# WHAT IS EXPECTED
What is the number of lines in the data below that contain "Global"? Reply with the number only.

+---+

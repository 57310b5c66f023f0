//! One history twice: by the plain program as a list of entries, and by the engine as a snapshot. Each transaction is decided by
//! both, which have to agree in the reply and in what is recorded.
use crate::guard::NoEmptyText;
use crate::{CLOCK, engine};
use anyhow::{Result, bail};
use edn_core::read_form;
use edn_form::Edn;
use edn_print::print;
use fb_values::Entry;
use fb_view::Snapshot;
use std::alloc::Global;

/// A history on which transactions are tried, one after another.
#[derive(Drop)]
pub(crate) struct Run {
    alloc: Global,
    guard: NoEmptyText,
    entries: Vec<Entry>,
    snapshot: Snapshot,
}

/// The canonical texts of what both reply to a transaction.
#[derive(Drop)]
struct Replies {
    engine: Vec<u8>,
    plain: Vec<u8>,
}

impl Run {
    /// The history that has only the built-in schema.
    pub(crate) fn new(alloc: Global, guard: NoEmptyText) -> Result<Run> {
        Ok(Run {
            alloc,
            guard,
            entries: plain_session::new_history(alloc)?,
            snapshot: Snapshot::first(alloc)?,
        })
    }

    /// Begins a new history.
    pub(crate) fn begin_anew(&mut self, guard: NoEmptyText) -> Result<()> {
        *self = Run::new(self.alloc, guard)?;
        Ok(())
    }

    /// The canonical text of the reply to the transaction whose data the bytes are.
    pub(crate) fn reply_to(&mut self, bytes: &[u8]) -> Result<Vec<u8>> {
        let replies = self.replies_to(bytes)?;
        if replies.engine != replies.plain || !engine::is_same(&self.snapshot, &self.entries) {
            bail!("the engine and the plain program differ");
        }
        Ok(replies.plain)
    }

    fn replies_to(&mut self, bytes: &[u8]) -> Result<Replies> {
        let data = form_in(self.alloc, bytes)?;
        Ok(Replies {
            engine: self.by_engine(&data)?,
            plain: self.by_plain(&data)?,
        })
    }

    fn by_engine(&mut self, data: &Edn) -> Result<Vec<u8>> {
        let reply = engine::transact(self.alloc, &mut self.snapshot, data, &self.guard)?;
        text_of(self.alloc, &reply)
    }

    fn by_plain(&mut self, data: &Edn) -> Result<Vec<u8>> {
        let entries = &mut self.entries;
        let reply = plain_session::transact(self.alloc, entries, data, CLOCK, &self.guard)?;
        text_of(self.alloc, &reply)
    }
}

fn form_in(alloc: Global, bytes: &[u8]) -> Result<Edn> {
    match read_form(alloc, bytes, 0) {
        Ok(Some((form, _))) => Ok(form),
        _ => bail!("a row has no form"),
    }
}

fn text_of(alloc: Global, form: &Edn) -> Result<Vec<u8>> {
    let mut text = Vec::new(alloc);
    print(form, &mut text)?;
    Ok(text)
}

+---+

# OUTPUT FOR THIS TASK
5